Plaintiff Countryman Nevada, LLC ("Countryman") brings this action against Defendant Peter Suarez. Countryman alleges that Defendant copied and distributed Countryman's motion picture The Necessary Death of Charlie Countryman ("NDCC") through a public BitTorrent network in violation of Countryman's exclusive rights under the Copyright Act. Before the Court is Countryman's amended motion for entry of default judgment under Federal Rule of Civil Procedure 55(b). ECF 38. For the following reasons, the Court grants in part Countryman's motion, and will enter a default judgment against Defendant in the amount of $750, along with injunctive relief.
STANDARDS
Under Federal Rule of Civil Procedure 55(a), the Clerk of the Court is required to enter an order of default if a party against whom affirmative relief is sought fails timely to answer or otherwise defend an action. Fed. R. Civ. P. 55(a) ("When a party against whom a judgment for affirmative relief is sought has failed to plead or otherwise defend, and that failure is shown by affidavit or otherwise, the clerk must enter the party's default."). Upon the entry of default, the Court accepts "the well-pleaded factual allegations" of the complaint "as true." DIRECTV, Inc. v. Hoa Huynh, 503 F.3d 847, 854 (9th Cir. 2007) (quoting Cripps v. Life Ins. Co. of N. Am., 980 F.2d 1261, 1267 (9th Cir. 1992)); see also Geddes v. United Fin. Grp., 559 F.2d 557, 560 (9th Cir. 1977). The court, however, does not accept as admitted facts that are not well-pleaded, conclusions of law, or facts relating to the amount of damages. DIRECTV, 503 F.3d at 854; Geddes, 559 F.2d at 560; see also Derek Andrew, Inc. v. Poof Apparel Corp., 528 F.3d 696, 702 (9th Cir. 2008) ("'The general rule of law is that upon default the factual allegations of the complaint, except those relating to the amount of damages, will be taken as true.'" (quoting TeleVideo Sys., Inc. v. Heidenthal, 826 F.2d 915, 917-18 (9th Cir. 1987))).

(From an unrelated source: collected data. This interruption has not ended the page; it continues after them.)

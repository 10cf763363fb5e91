//! The labels that the end of a sequence must not have, as a pattern demands, and whether a term has one of them.
use super::accepted_text::table_of;
use super::label_set::is_named;
use super::term_list::{PrintedStep, TermList};
use super::texts::assert_number;
use lotos_listing::{LabelFlags, has_step_with};
use lotos_normal::NormalTable;
use lotos_pattern::{Pattern, PatternFault};
use lotos_text::Name;
use std::alloc::{AllocError, Global};
use std::process::Abort;
use std::test::Fail;

/// A choice of all labels.
const CHOICE: &str =
    "specification S [a, b] : exit behaviour a; exit [] b; exit [] exit [] i; exit endspec";

/// Whether internal steps are observed, the words of a pattern, and the labels that the end must not have.
type Row = (bool, &'static [&'static str], &'static [&'static str]);

/// A term that refuses a set has no internal step, and none with a label of the set.
const LABELS: &[Row] = &[
    (false, &[], &[]),
    (false, &["A"], &[]),
    (false, &["<until>", "A"], &[]),
    (false, &["<refuses>", "A"], &["A", "i"]),
    (false, &["<refuses>", "a,Exit"], &["A", "exit", "i"]),
    (false, &["<refuses>", "exit"], &["exit", "i"]),
    (false, &["<refuses>", "C"], &["i"]),
    (false, &["<refuses>", "<not>", "A"], &["B", "exit", "i"]),
    (false, &["<refuses>", "<not>", "B,exit"], &["A", "i"]),
    (false, &["<refuses>", "<any>"], &["A", "B", "exit", "i"]),
    (false, &["<deadlock>"], &["A", "B", "exit", "i"]),
    (false, &["A", "<until>", "<refuses>", "B"], &["B", "i"]),
    (false, &["<until>", "<deadlock>"], &["A", "B", "exit", "i"]),
    (true, &["<refuses>", "i"], &["i"]),
    (true, &["<refuses>", "<not>", "i"], &["A", "B", "exit", "i"]),
    (true, &["<refuses>", "<not>", "A,i"], &["B", "exit", "i"]),
];

/// The labels that the end must not have, of a table whose gates have these names.
fn refused(
    alloc: Global,
    strong: bool,
    words: &[&str],
    gates: &[Name],
) -> Result<LabelFlags, PatternFault> {
    let pattern = Pattern::read(alloc, words, strong)?;
    Ok(LabelFlags::refused_by(alloc, &pattern, gates)?)
}

/// Asserts for the label of each step whether the end must not have it.
fn assert_labels(rt: &impl Abort, row: Row, flags: &LabelFlags, steps: &[PrintedStep]) {
    for step in steps {
        let text = step.text.as_str();
        let found = flags.contains(step.label);
        assert_label(rt, row.1, text, found, is_named(row.2, text));
    }
}

fn assert_label(rt: &impl Abort, words: &[&str], label: &str, found: bool, expected: bool) {
    assert_eq!(rt; found, expected, "{:?}: {}", words, label);
}

fn assert_row(
    rt: &impl Abort,
    alloc: Global,
    row: Row,
    list: &TermList,
    steps: &[PrintedStep],
) -> Result<(), PatternFault> {
    let flags = refused(alloc, row.0, row.1, list.gates())?;
    assert_labels(rt, row, &flags, steps);
    Ok(())
}

fn assert_rows(rt: &impl Abort, alloc: Global, list: &mut TermList) -> Result<(), Fail> {
    let steps = list.printed_steps(alloc, 0)?;
    assert_number(rt, "labels", steps.len(), 4);
    for row in LABELS {
        assert_row(rt, alloc, *row, list, steps.as_slice())?;
    }
    Ok(())
}

#[test]
fn labels_that_are_refused(rt: HostRuntime) -> Result<(), Fail> {
    let mut list = TermList::new(rt.alloc(), CHOICE)?;
    assert_rows(&rt, rt.alloc(), &mut list)
}

/// A specification, words of a pattern, and whether the specification's behaviour has a step with a label that the end
/// must not have.
type StepsRow = (&'static str, &'static [&'static str], bool);

const INACTION: &str = "specification S [a, b] : noexit behaviour stop endspec";

const ACTION: &str = "specification S [a, b] : noexit behaviour a; stop endspec";

const TERMINATION: &str = "specification S [a, b] : exit behaviour exit endspec";

const INTERNAL: &str = "specification S [a, b] : noexit behaviour i; a; stop endspec";

const TWO_ACTIONS: &str = "specification S [a, b] : noexit behaviour a; stop [] b; stop endspec";

const STEPS: &[StepsRow] = &[
    (INACTION, &["<deadlock>"], false),
    (ACTION, &["A"], false),
    (ACTION, &["<refuses>", "A"], true),
    (ACTION, &["<refuses>", "B"], false),
    (ACTION, &["<refuses>", "<not>", "A"], false),
    (ACTION, &["<refuses>", "<not>", "B"], true),
    (ACTION, &["<deadlock>"], true),
    (TERMINATION, &["<refuses>", "A,B"], false),
    (TERMINATION, &["<refuses>", "A,exit"], true),
    (TERMINATION, &["<refuses>", "<not>", "exit"], false),
    (INTERNAL, &["<refuses>", "B"], true),
    (INTERNAL, &["<until>", "A"], false),
    (TWO_ACTIONS, &["<refuses>", "B"], true),
    (TWO_ACTIONS, &["<refuses>", "<not>", "A,B"], false),
];

/// Whether the specification's behaviour has a step with a label that the end must not have.
fn has_refused_step(alloc: Global, text: &str, words: &[&str]) -> Result<bool, Fail> {
    let mut table = table_of(alloc, text)?;
    has_refused_step_in(alloc, &mut table, words)
}

fn has_refused_step_in(
    alloc: Global,
    table: &mut NormalTable,
    words: &[&str],
) -> Result<bool, Fail> {
    let flags = refused(alloc, false, words, table.gates())?;
    Ok(has_step_in(table, &flags)?)
}

fn has_step_in(table: &mut NormalTable, flags: &LabelFlags) -> Result<bool, AllocError> {
    let start = table.start();
    Ok(has_step_with(table.successors(start)?, flags))
}

#[test]
fn steps_that_are_refused(rt: HostRuntime) -> Result<(), Fail> {
    for (text, words, expected) in STEPS {
        let found = has_refused_step(rt.alloc(), text, words)?;
        assert_label(&rt, words, text, found, *expected);
    }
    Ok(())
}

After default has been entered against a defendant, a court may enter a default judgment against that defendant. See Fed. R. Civ. P. 55(b). "The district court's decision whether to enter a default judgment is a discretionary one." Aldabe v. Aldabe, 616 F.2d 1089, 1092 (9th Cir. 1980); see also Dreith v. Nu Image, Inc., 648 F.3d 779, 786 (9th Cir. 2011) (noting that a district's court decision whether to enter a default judgment is reviewed for abuse of discretion). In Eitel v. McCool, 782 F.2d 1470 (9th Cir. 1986), the Ninth Circuit set out factors to guide a district court's consideration of whether to enter a default judgment. See DIRECTV, 503 F.3d at 852 (noting that Eitel "set[] out factors to guide district court's determination regarding the appropriateness of granting a default judgment").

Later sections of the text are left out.